__What you have to do__:
Reproduce the listing exactly, so that no line differs from the original.

__Data shown__:

*** Block opens ***

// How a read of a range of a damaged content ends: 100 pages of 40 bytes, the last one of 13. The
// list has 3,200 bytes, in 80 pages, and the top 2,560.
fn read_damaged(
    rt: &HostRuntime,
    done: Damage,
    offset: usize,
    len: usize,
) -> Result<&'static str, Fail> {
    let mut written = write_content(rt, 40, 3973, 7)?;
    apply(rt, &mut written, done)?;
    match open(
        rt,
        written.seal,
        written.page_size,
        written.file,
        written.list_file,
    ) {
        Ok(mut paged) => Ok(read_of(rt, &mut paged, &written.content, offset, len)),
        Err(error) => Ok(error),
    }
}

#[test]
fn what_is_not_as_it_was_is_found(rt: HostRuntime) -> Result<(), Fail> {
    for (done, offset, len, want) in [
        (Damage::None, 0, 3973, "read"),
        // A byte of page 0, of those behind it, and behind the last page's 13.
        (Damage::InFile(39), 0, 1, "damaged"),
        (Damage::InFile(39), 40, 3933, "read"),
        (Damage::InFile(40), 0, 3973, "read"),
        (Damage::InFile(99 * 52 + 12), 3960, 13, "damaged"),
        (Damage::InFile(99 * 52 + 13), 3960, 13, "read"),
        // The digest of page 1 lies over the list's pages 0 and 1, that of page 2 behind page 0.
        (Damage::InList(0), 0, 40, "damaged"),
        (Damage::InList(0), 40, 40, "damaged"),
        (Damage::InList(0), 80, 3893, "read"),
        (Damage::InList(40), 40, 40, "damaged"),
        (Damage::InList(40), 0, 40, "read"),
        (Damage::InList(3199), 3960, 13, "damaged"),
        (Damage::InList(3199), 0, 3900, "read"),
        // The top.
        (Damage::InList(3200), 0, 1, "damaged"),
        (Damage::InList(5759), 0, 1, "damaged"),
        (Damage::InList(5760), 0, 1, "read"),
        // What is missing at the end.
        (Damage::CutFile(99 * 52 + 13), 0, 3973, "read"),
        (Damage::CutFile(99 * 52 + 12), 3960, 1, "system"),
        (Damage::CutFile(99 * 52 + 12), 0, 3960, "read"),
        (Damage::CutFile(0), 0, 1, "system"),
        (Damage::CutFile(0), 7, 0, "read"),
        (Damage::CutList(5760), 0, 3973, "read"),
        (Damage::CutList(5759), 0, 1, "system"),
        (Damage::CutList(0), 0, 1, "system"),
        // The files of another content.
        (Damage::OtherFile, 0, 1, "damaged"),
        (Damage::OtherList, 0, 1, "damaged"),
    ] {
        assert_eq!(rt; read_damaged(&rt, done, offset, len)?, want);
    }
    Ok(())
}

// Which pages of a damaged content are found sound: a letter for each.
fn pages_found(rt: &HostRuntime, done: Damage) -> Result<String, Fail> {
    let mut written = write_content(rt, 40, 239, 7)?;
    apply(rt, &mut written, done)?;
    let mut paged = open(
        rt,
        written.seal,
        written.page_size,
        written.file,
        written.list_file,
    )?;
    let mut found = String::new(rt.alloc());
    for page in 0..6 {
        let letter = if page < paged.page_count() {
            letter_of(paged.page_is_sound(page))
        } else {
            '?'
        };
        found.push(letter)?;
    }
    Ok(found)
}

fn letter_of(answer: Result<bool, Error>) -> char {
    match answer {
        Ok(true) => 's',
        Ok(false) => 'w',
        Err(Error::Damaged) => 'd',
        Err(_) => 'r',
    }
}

*** Block closes ***

__Answer section__:
// How a read of a range of a damaged content ends: 100 pages of 40 bytes, the last one of 13. The
// list has 3,200 bytes, in 80 pages, and the top 2,560.
fn read_damaged(
    rt: &HostRuntime,
    done: Damage,
    offset: usize,
    len: usize,
) -> Result<&'static str, Fail> {
    let mut written = write_content(rt, 40, 3973, 7)?;
    apply(rt, &mut written, done)?;
    match open(
        rt,
        written.seal,
        written.page_size,
        written.file,
        written.list_file,
    ) {
        Ok(mut paged) => Ok(read_of(rt, &mut paged, &written.content, offset, len)),
        Err(error) => Ok(error),
    }
}

#[test]
fn what_is_not_as_it_was_is_found(rt: HostRuntime) -> Result<(), Fail> {
    for (done, offset, len, want) in [
        (Damage::None, 0, 3973, "read"),
        // A byte of page 0, of those behind it, and behind the last page's 13.
        (Damage::InFile(39), 0, 1, "damaged"),
        (Damage::InFile(39), 40, 3933, "read"),
        (Damage::InFile(40), 0, 3973, "read"),
        (Damage::InFile(99 * 52 + 12), 3960, 13, "damaged"),
        (Damage::InFile(99 * 52 + 13), 3960, 13, "read"),
        // The digest of page 1 lies over the list's pages 0 and 1, that of page 2 behind page 0.
        (Damage::InList(0), 0, 40, "damaged"),
        (Damage::InList(0), 40, 40, "damaged"),
        (Damage::InList(0), 80, 3893, "read"),
        (Damage::InList(40), 40, 40, "damaged"),
        (Damage::InList(40), 0, 40, "read"),
        (Damage::InList(3199), 3960, 13, "damaged"),
        (Damage::InList(3199), 0, 3900, "read"),
        // The top.
        (Damage::InList(3200), 0, 1, "damaged"),
        (Damage::InList(5759), 0, 1, "damaged"),
        (Damage::InList(5760), 0, 1, "read"),
        // What is missing at the end.
        (Damage::CutFile(99 * 52 + 13), 0, 3973, "read"),
        (Damage::CutFile(99 * 52 + 12), 3960, 1, "system"),
        (Damage::CutFile(99 * 52 + 12), 0, 3960, "read"),
        (Damage::CutFile(0), 0, 1, "system"),
        (Damage::CutFile(0), 7, 0, "read"),
        (Damage::CutList(5760), 0, 3973, "read"),
        (Damage::CutList(5759), 0, 1, "system"),
        (Damage::CutList(0), 0, 1, "system"),
        // The files of another content.
        (Damage::OtherFile, 0, 1, "damaged"),
        (Damage::OtherList, 0, 1, "damaged"),
    ] {
        assert_eq!(rt; read_damaged(&rt, done, offset, len)?, want);
    }
    Ok(())
}

// Which pages of a damaged content are found sound: a letter for each.
fn pages_found(rt: &HostRuntime, done: Damage) -> Result<String, Fail> {
    let mut written = write_content(rt, 40, 239, 7)?;
    apply(rt, &mut written, done)?;
    let mut paged = open(
        rt,
        written.seal,
        written.page_size,
        written.file,
        written.list_file,
    )?;
    let mut found = String::new(rt.alloc());
    for page in 0..6 {
        let letter = if page < paged.page_count() {
            letter_of(paged.page_is_sound(page))
        } else {
            '?'
        };
        found.push(letter)?;
    }
    Ok(found)
}

fn letter_of(answer: Result<bool, Error>) -> char {
    match answer {
        Ok(true) => 's',
        Ok(false) => 'w',
        Err(Error::Damaged) => 'd',
        Err(_) => 'r',
    }
}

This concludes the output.